# Electrolux 3 way fridge not switching on at all ..??!!



## theteapackets (Feb 25, 2012)

Morning folks  :¬)

Just gone to stock motorhome for hubby who has now left for a residential and the fridge wouldn't switch on!

When I pressed the on/off button there was no  green light.  Checked and fuse is ok.  12v was on.

Not sure what else to check .....


----------



## Tbear (Feb 25, 2012)

Could just be the light/switch. They pull out and a new one is cheap.

Richard


----------



## n brown (Feb 25, 2012)

is that the 12v or 240v not working?


----------



## steco1958 (Feb 25, 2012)

Make sure that the only power switch on, is the power you want on.

i.e. if you want 240v, make sure 12v and gas are in off position.


----------



## moonshadow (Feb 25, 2012)

We had the same trouble with our Thetford fridge when we took the van out of storage. The control panel was bust.


----------



## AndyC (Feb 25, 2012)

Would help if we knew which model of fridge!

AndyC


----------



## mitzimad (Feb 25, 2012)

if its a three way fridge it will only run on 12v when the engine is running and on 240 when on hook up gas anytime but it will need lighting


----------



## theteapackets (Feb 25, 2012)

It doesn't state the model on the fridge itself and unsure where manual is at the moment, but this model has just only button on the left which switches the fridge on, it then works itself through 240, 12 and then gas.

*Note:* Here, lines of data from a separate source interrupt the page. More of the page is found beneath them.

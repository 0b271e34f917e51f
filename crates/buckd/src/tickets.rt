// The tickets of the book, in order of number, and what answers them.
ghost use Rattle.std.specs.Prelude.{◌≡◌, false, count_by, map, IfSome, OnOk};
ghost use Rattle.std.specs.Option.{option_and_then, option_copied};
ghost use Rattle.std.specs.List.{list_any};
ghost use Rattle.mat_model.specs.Tickets.{answered_by, is_hold, is_open, waits_for, with_hold};
ghost use Rattle.mat_model.specs.WorkState.{first_make, make_of, task_of};
ghost use Rattle.buckd.specs.MakeAnswers.{answer_of, tickets_answered};
ghost use Rattle.buckd.specs.Run.{idle};

use crate::rows;
use mat_model::{Answer, Given, Hold, Outcome, Row, Ticket};
use mat_path::{Memory, Path};

/// Whether a ticket has no answer yet.
fn is_open(ticket: &Ticket) -> bool
    ensures { result ≡ is_open ticket.now }
{
    ticket.answered.is_none()
}

/// How many tickets have no answer yet.
pub fn open_count(tickets: &[Ticket]) -> usize
    ensures { result ≡ count_by is_open tickets.now }
{
    tickets.iter().filter(|ticket| is_open(ticket)).count()
}

/// The row that doesn't stand and that a ticket waits for.
fn waited_row<'a>(rows: &'a [Row], ticket: &Ticket) -> Option<&'a Row>
    ensures task { option_and_then (make_of idle rows.entry.now) (option_copied result) ≡ task_of idle rows.entry.now ticket.now }
    ensures waits { IfSome result (λ row. row.now.stands ≡ false) }
{
    if !is_open(ticket) {
        return None;
    }
    match rows::cover(rows, &ticket.asked) {
        Some(row) => { if row.stands { None } else { Some(row) } }
        None => None,
    }
}

/// The row that is made first: the one with the lowest open ticket.
pub fn first_row<'a>(rows: &'a [Row], tickets: &[Ticket]) -> Option<&'a Row>
    ensures task { option_and_then (make_of idle rows.entry.now) (option_copied result) ≡ first_make idle rows.entry.now tickets.now }
    ensures waits { IfSome result (λ row. row.now.stands ≡ false) }
{
    for ticket in tickets {
        if let Some(row) = waited_row(rows, ticket) {
            return Some(row);
        }
    }
    None
}

/// Gives an answer to a ticket, if it is open on the row.
fn answer_one(ticket: &mut Ticket, row: &Row, number: u64, answer: Answer)
    ensures { ticket.new ≡ answered_by row.now number answer ticket.old }
{
    if is_open(ticket) && rows::covers(row, &ticket.asked) {
        ticket.answered = Some(Given { at: number, answer });
    }
}

/// Gives an answer to each ticket that is open on the row.
pub fn answer_row(tickets: &mut [Ticket], row: &Row, number: u64, answer: Answer)
    ensures { tickets.new ≡ map (answered_by row.now number answer) tickets.old }
{
    for ticket in tickets.iter_mut() {
        answer_one(ticket, row, number, answer);
    }
}

/// The answer that the end of a row's make is to its tickets: a make doesn't end wiped.
fn answer_of(row: &Row, outcome: Outcome) -> Option<Answer>
    ensures { result ≡ answer_of row.now outcome }
{
    match outcome {
        Outcome::Made => Some(Answer::Ready {
            stamp: row.stamp,
            sum: row.sum,
        }),
        Outcome::Wiped => None,
        Outcome::Missing(digest) => Some(Answer::Missing(digest)),
        Outcome::Corrupt { wanted, found } => Some(Answer::Corrupt { wanted, found }),
        Outcome::Fault(note) => Some(Answer::Fault(note)),
        Outcome::NoMemory => Some(Answer::NoMemory),
    }
}

/// Gives the end of a row's make to each ticket that is open on it.
pub fn answer_outcome(tickets: &mut [Ticket], row: &Row, number: u64, outcome: Outcome)
    ensures { tickets.new ≡ tickets_answered row.now number tickets.old (answer_of row.now outcome) }
{
    match answer_of(row, outcome) {
        Some(answer) => answer_row(tickets, row, number, answer),
        None => {}
    }
}

/// Whether a hold is this command's on this path.
fn is_hold(hold: &Hold, command: u32, path: &Path) -> bool
    ensures { result ≡ is_hold command path.now hold.now }
{
    hold.command == command && hold.path == *path
}

/// Whether a command has the hold on a path.
fn has_hold(holds: &[Hold], command: u32, path: &Path) -> bool
    ensures { result ≡ list_any (is_hold command path.now) holds.now }
{
    holds.iter().any(|hold| is_hold(hold, command, path))
}

/// Gives a command the hold on a path, once.
pub fn hold(holds: &mut Vec<Hold>, command: u32, path: &Path) -> Result<(), Memory>
    ensures { OnOk result (holds.new.items ≡ with_hold command path.now holds.old.items) }
{
    if has_hold(holds.as_slice(), command, path) {
        return Ok(());
    }
    let path = path.copy()?;
    holds.push(Hold { command, path })?;
    Ok(())
}
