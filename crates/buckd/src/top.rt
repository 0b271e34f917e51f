// The top call: what the program does with its words.
ghost use Rattle.std.specs.Prelude.{◌≡◌, true, false};
ghost use Rattle.mat_io.specs.Causes.{HasCause};
ghost use Rattle.buckd.specs.Streams.{TakesWithin};
ghost use Rattle.buckd.specs.Replay.{Leaves, Replays, input_failed, input_limit, is_replay, is_status_of, output_failed};

use crate::replay::{Ended, replay};
use mat_io::{Sink, Source};
use std::alloc::Global;

// Whether the words ask for the run of a script.
fn asks_replay(words: &[String]) -> bool
    ensures { result ≡ is_replay words.now }
{
    match words {
        [verb, workers] => verb.as_str() == "replay" && workers.as_str() == "1",
        _ => false,
    }
}

/// Does what the words ask for: `replay 1` runs the input's script and writes what it is answered. Other words do
/// nothing, with status 2.
pub fn buckd<S: Source, T: Sink>(
    alloc: Global,
    words: &[String],
    input: &mut S,
    output: &mut T,
) -> Ended
    ensures replays { is_replay words.now ≡ true → Replays input_limit (S.left input.old) (S.left input.new) (T.out output.old) (T.out output.new) result }
    ensures taken { is_replay words.now ≡ true → TakesWithin input_limit (S.left input.old) (S.left input.new) }
    ensures status { is_status_of (is_replay words.now) result.status ≡ true }
    ensures leaves { Leaves result }
    ensures input { is_replay words.now ≡ false → input.new ≡ input.old }
    ensures output { is_replay words.now ≡ false → output.new ≡ output.old }
    ensures source { HasCause (S.faults input.old) (S.faults input.new) (input_failed result) }
    ensures sink { HasCause (T.faults output.old) (T.faults output.new) (output_failed result) }
{
    if asks_replay(words) {
        return replay(alloc, 1, input, output);
    }
    Ended {
        status: 2,
        run: None,
        disk: None,
    }
}

#[cfg(test)]
mod tests {
    use super::*;
    use crate::replay::run_within;
    use mat_io::{MemSink, MemSource};
    use std::test::Fail;

    const SCRIPT: &[u8] =
        b"enter 1 7\nwrite 1 out/f 616263\nensure 1 out/f\ndrain\nshow out/f\nend\n";

    const UNENDED: &[u8] = b"enter 1 7\nwrite 1 out/f 616263\nensure 1 out/f\ndrain\nshow out/f\n";

    const TEXT: &[u8] =
        b"entered\ndeclared 1\nopen 2\ndrained\nanswer 2 ready 1 f ba7816bf8f01cfea414140de5dae2223b00361a396177a9cb410ff61f20015ad:3\nshow 1\nf ba7816bf8f01cfea414140de5dae2223b00361a396177a9cb410ff61f20015ad:3 .\n";

    fn source(alloc: Global, script: &[u8], fails: &[u64]) -> Result<MemSource, Fail> {
        let mut bytes = Vec::new(alloc);
        bytes.extend_from_slice(script)?;
        let mut numbers = Vec::new(alloc);
        numbers.extend_from_slice(fails)?;
        Ok(MemSource::new(bytes, numbers))
    }

    fn sink(alloc: Global, fails: &[u64]) -> Result<MemSink, Fail> {
        let mut numbers = Vec::new(alloc);
        numbers.extend_from_slice(fails)?;
        Ok(MemSink::new(alloc, numbers))
    }

    #[test]
    fn scripts_and_limits(rt: HostRuntime) -> Result<(), Fail> {
        let table: [(u64, &[u8], u8, &[u8]); 10] = [
            (100, b"end", 0, b""),
            (100, b"end\nfoo\n", 0, b""),
            (100, b"", 5, b""),
            (100, b"foo", 5, b"unread\n"),
            (100, b"foo\n\n#\nfoo\n", 5, b"unread\nunread\n"),
            (0, b"", 7, b""),
            (3, b"foo\nend\n", 7, b""),
            (4, b"foo\nend\n", 7, b"unread\n"),
            (7, b"foo\nend", 7, b"unread\n"),
            (8, b"foo\nend", 0, b"unread\n"),
        ];
        for (limit, script, status, text) in table.iter() {
            let mut input = source(rt.alloc(), *script, &[])?;
            let mut output = sink(rt.alloc(), &[])?;
            let ended = run_within(rt.alloc(), *limit, &mut input, &mut output);
            assert_eq!(rt; ended.status, *status);
            assert!(rt; ended.run.is_some());
            assert!(rt; ended.disk.is_some());
            assert_eq!(rt; output.bytes(), *text);
        }
        Ok(())
    }

    #[test]
    fn calls_that_fail(rt: HostRuntime) -> Result<(), Fail> {
        let table: [(&[u8], &[u64], &[u64], u8, &[u8]); 7] = [
            (SCRIPT, &[], &[], 0, TEXT),
            (SCRIPT, &[0], &[], 3, b""),
            (SCRIPT, &[1], &[], 0, TEXT),
            (UNENDED, &[1], &[], 3, TEXT),
            (UNENDED, &[2], &[], 5, TEXT),
            (SCRIPT, &[], &[0], 4, b""),
            (SCRIPT, &[], &[1], 0, TEXT),
        ];
        for (script, reads, writes, status, text) in table.iter() {
            let mut input = source(rt.alloc(), *script, *reads)?;
            let mut output = sink(rt.alloc(), *writes)?;
            let ended = replay(rt.alloc(), 1, &mut input, &mut output);
            assert_eq!(rt; ended.status, *status);
            assert_eq!(rt; output.bytes(), *text);
        }
        Ok(())
    }

    #[test]
    fn a_line_that_is_too_long(rt: HostRuntime) -> Result<(), Fail> {
        let mut script = vec![in rt.alloc(); b'#'; 1_048_577]?;
        script.extend_from_slice(b"\nenter 1 7\nend\n")?;
        let mut input = source(rt.alloc(), script.as_slice(), &[])?;
        let mut output = sink(rt.alloc(), &[])?;
        let ended = replay(rt.alloc(), 1, &mut input, &mut output);
        assert_eq!(rt; ended.status, 0);
        assert_eq!(rt; output.bytes(), b"unread\nentered\n".as_slice());
        Ok(())
    }

    // The status for these words and the script, and what was written.
    fn status(alloc: Global, words: &[&str]) -> Result<(u8, MemSink), Fail> {
        let mut given = Vec::new(alloc);
        for word in words {
            given.push(String::from_str(alloc, *word)?)?;
        }
        let mut input = source(alloc, SCRIPT, &[])?;
        let mut output = sink(alloc, &[])?;
        let ended = buckd(alloc, given.as_slice(), &mut input, &mut output);
        Ok((ended.status, output))
    }

    #[test]
    fn words(rt: HostRuntime) -> Result<(), Fail> {
        let table: [(&[&str], u8, &[u8]); 8] = [
            (&["replay", "1"], 0, TEXT),
            (&["replay", "0"], 2, b""),
            (&["replay", "17"], 2, b""),
            (&["replay", "01"], 2, b""),
            (&["replay"], 2, b""),
            (&["replay", "--help"], 2, b""),
            (&["replay", "1", "1"], 2, b""),
            (&[], 2, b""),
        ];
        for (words, wanted, text) in table.iter() {
            let (status, output) = status(rt.alloc(), *words)?;
            assert_eq!(rt; status, *wanted);
            assert_eq!(rt; output.bytes(), *text);
        }
        Ok(())
    }
}
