//! Floor of the program: reads a script of requests and worker steps, and writes what the daemon answers.
#![tactic(auto)]

mod daemon;
mod lines;
mod making;
mod output;
mod replay;
mod rows;
mod session;
mod texts;
mod tickets;
mod top;
#[cfg(test)]
mod worked;

use mat_io::{StdSink, StdSource};
use std::io::ErrorKind;
use std::process::ExitCode;
use std::{env, io};

/// How the program is called.
const USAGE: &str = "usage: buckd replay 1 < script";

/// The status where the words can't be had: 1 for want of memory, 2 where they aren't text.
fn status_of(error: &io::Error) -> u8 {
    match error.kind() {
        ErrorKind::OutOfMemory => 1,
        _ => 2,
    }
}

/// The words of the command line behind the program's name, or the status where they can't be had.
fn words_of(rt: &HostRuntime) -> Result<Vec<String>, u8> {
    let mut args = match env::args(rt) {
        Ok(args) => args,
        Err(error) => return Err(status_of(&error)),
    };
    let _program = args.next();
    match args.collect(rt.alloc()) {
        Ok(words) => Ok(words),
        Err(_) => Err(1),
    }
}

fn main(rt: HostRuntime) -> ExitCode {
    let mut input = StdSource::new(rt.stdin());
    let mut output = StdSink::new(rt.stdout());
    let status = match words_of(&rt) {
        Ok(words) => top::buckd(rt.alloc(), words.as_slice(), &mut input, &mut output).status,
        Err(status) => status,
    };
    if status == 2 {
        let _ = eprintln!(rt; "{USAGE}");
    }
    ExitCode::from(status)
}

Anyway - my husband arrived at his destination after several hours drive and it still wouldn't switch on (ie green light did not light up and no internal light)

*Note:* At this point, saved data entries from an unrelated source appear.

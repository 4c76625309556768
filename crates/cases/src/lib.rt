// Worked cases, those that document 01 marks P among them: tables of rows in specs/, and their one check in specs/Cases.antt.
#![tactic(auto)]
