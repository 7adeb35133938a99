//! What the list of references is, on a function that does nothing else than state it.

ghost use Rattle.references.specs.Laws.{ReferencesListed};

/// Each reference of the uses once, in order; and no other list is so.
pub fn references_listed()
    ensures { ReferencesListed }
{}
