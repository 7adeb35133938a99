//! The first places at which a file uses a reference, or a name that it lacks.

ghost use Rattle.std.specs.Prelude.{◌≡◌, ℕ, List, map, IfOk};
ghost use Rattle.model.specs.Limits.{same_reference};
ghost use Rattle.model.specs.Rules.{least};
ghost use Rattle.model.specs.Steps.{declared_of, use_of};
ghost use Rattle.references.specs.Kept.{Names};
ghost use Rattle.references.specs.References.{lacks, name_of, pair_of, reference_of, undeclared, use_places};

use crate::root::split_root;
use model::{Declared, Reference, Use};
use std::alloc::{AllocError, Global};
use std::collections::BTreeSet;

/// Whether a use is of this reference.
fn refers(u: &Use<'_>, reference: Reference<'_>) -> bool
    ensures { result ≡ same_reference (reference_of (use_of u.now)) (pair_of reference.entry) }
{
    u.reference == reference
}

/// The least place of a use of this reference. The uses need not come by their places.
pub fn first_use(uses: &[Use<'_>], reference: Reference<'_>) -> Option<usize>
    ensures { result ≡ least (use_places (pair_of reference.entry) (map use_of uses.now)) }
{
    let places = uses
        .iter()
        .filter(|u| refers(u, reference))
        .map(|u| u.place);
    places.min()
}

/// Whether a use is of the own module, and its root is none of the names.
fn is_undeclared(own: &[u8], names: &BTreeSet<&[u8]>, u: &Use<'_>) -> bool
    ensures { (ns : List (List ℕ)) → Names ns names.now → result ≡ lacks own.now ns (use_of u.now) }
{
    // the root is sought last, so that a use of another module costs no walk over its name
    u.reference.from == own && !names.contains(split_root(u.reference.name).0)
}

/// The least place of a use of a name of the own module, called `own`, that is not declared.
pub fn undeclared_use<'a>(
    heap: Global,
    own: &[u8],
    declared: &[Declared<'a>],
    uses: &[Use<'a>],
) -> Result<Option<usize>, AllocError>
    ensures { IfOk result (λ p. p ≡ least (undeclared own.now (map declared_of declared.now) (map use_of uses.now))) }
{
    // by `extend`, since `collect` would list every declaration before it drops the names that come again
    let mut names = BTreeSet::new(heap);
    names.extend(declared.iter().map(|d| d.name))?;
    Ok(
        uses.iter()
            .filter(|u| is_undeclared(own, &names, u))
            .map(|u| u.place)
            .min(),
    )
}
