//! The references of a file, in their order.

ghost use Rattle.std.specs.Prelude.{◌≡◌, map, IfOk};
ghost use Rattle.model.specs.Steps.{use_of};
ghost use Rattle.references.specs.References.{pair_of, references};

use model::{Reference, Use};
use std::alloc::{AllocError, Global};
use std::collections::BTreeSet;

/// Each reference of the uses once, in order.
pub fn ascending<'a>(heap: Global, uses: &[Use<'a>]) -> Result<Vec<Reference<'a>>, AllocError>
    ensures { IfOk result (λ v. map pair_of v.items ≡ references (map use_of uses.now)) }
{
    // by `extend`, since `collect` would list every use before it drops those that come again
    let mut set = BTreeSet::new(heap);
    set.extend(uses.iter().map(|u| u.reference))?;
    set.into_iter().collect(heap)
}
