//! The root of a dotted name.

ghost use Rattle.std.specs.Prelude.{◌≡◌};
ghost use Rattle.references.specs.References.{rest_of, root_of};

/// What stands before the first dot, and the rest from that dot on.
pub fn split_root(name: &[u8]) -> (&[u8], &[u8])
    ensures root { result.0.now ≡ root_of name.now }
    ensures rest { result.1.now ≡ rest_of name.now }
{
    let end = name.iter().position(|b| *b == b'.').unwrap_or(name.len());
    name.split_at(end)
}
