//! What a file refers to: each reference once, in order, and where.

#![tactic(auto)]

mod laws;
mod places;
mod reference;
mod root;

pub use laws::references_listed;
pub use model::Reference;
pub use places::{first_use, undeclared_use};
pub use reference::ascending;
pub use root::split_root;
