// The child entries, a part of the state.
pub fn child_entries(state: &State) -> &[u64]
    ensures { result.now ≡ child_entries state.now }
{
    let words: &[u64] = state;
    &words[CHILDREN..WORDS]
}

// Stores the id of slot i. Past the last slot nothing is stored; so with every writer below.
pub fn put_id(state: &mut State, i: usize, x: FullNodeId)
    ensures { state.new ≡ id_put i x state.old }
{
    if i < SLOTS {
        let words = [x.tree.0 as u64, x.node.0];
        put_words(state, TREE, i, &words);
    }
}

// Stores its link.
pub fn put_link(state: &mut State, i: usize, l: LinkRow)
    ensures { state.new ≡ link_put i l state.old }
{
    if i < SLOTS {
        let words = [l.parent.tree.0 as u64, l.parent.node.0, l.index, l.linked];
        put_words(state, PARENT_TREE, i, &words);
    }
}

// Stores its data, the children aside.
pub fn put_body(state: &mut State, i: usize, body: Body)
    ensures { state.new ≡ body_put i body state.old }
{
    if i < SLOTS {
        put_fields(state, i, body);
    }
}

// Stores the words of a node's data.
fn put_fields(state: &mut State, i: usize, body: Body)
    requires { i < at.SLOTS }
    ensures { state.new ≡ words_put at.CHILD_COUNT i (data_words body) (words_put at.GRAFT_HIGH i (graft_words body) state.old) }
{
    let graft = [body.graft.high, body.graft.low, body.flags];
    put_words(state, GRAFT_HIGH, i, &graft);
    let counts = [
        body.child_count,
        body.active_descendant.0,
        body.role,
        body.label_length,
    ];
    put_words(state, CHILD_COUNT, i, &counts);
    let label = body.label;
    put_words(state, LABEL, i, &label);
    let floats = body.floats;
    put_words(state, FLOATS, i, &floats);
}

However, when he came back to the van about eight hours later it had come on (presumably he had left button pressed in)!!?

Has anyone heard of this happening before?  He doesn't think it could be loose connection otherwise it would have come on during journey, not hours after being stationary.  Could it have been too cold?  We think it was about 1 degree when he left, and the water dump safety button wouldn't reset to allow us to fill hot water tank.


----------



## AndyC (Feb 26, 2012)

Sounds like it's an AES type fridge. 

Does it have indicator lights to show which source it is using, 240v, 12v or gas?

Were any lights showing when you first switched it on?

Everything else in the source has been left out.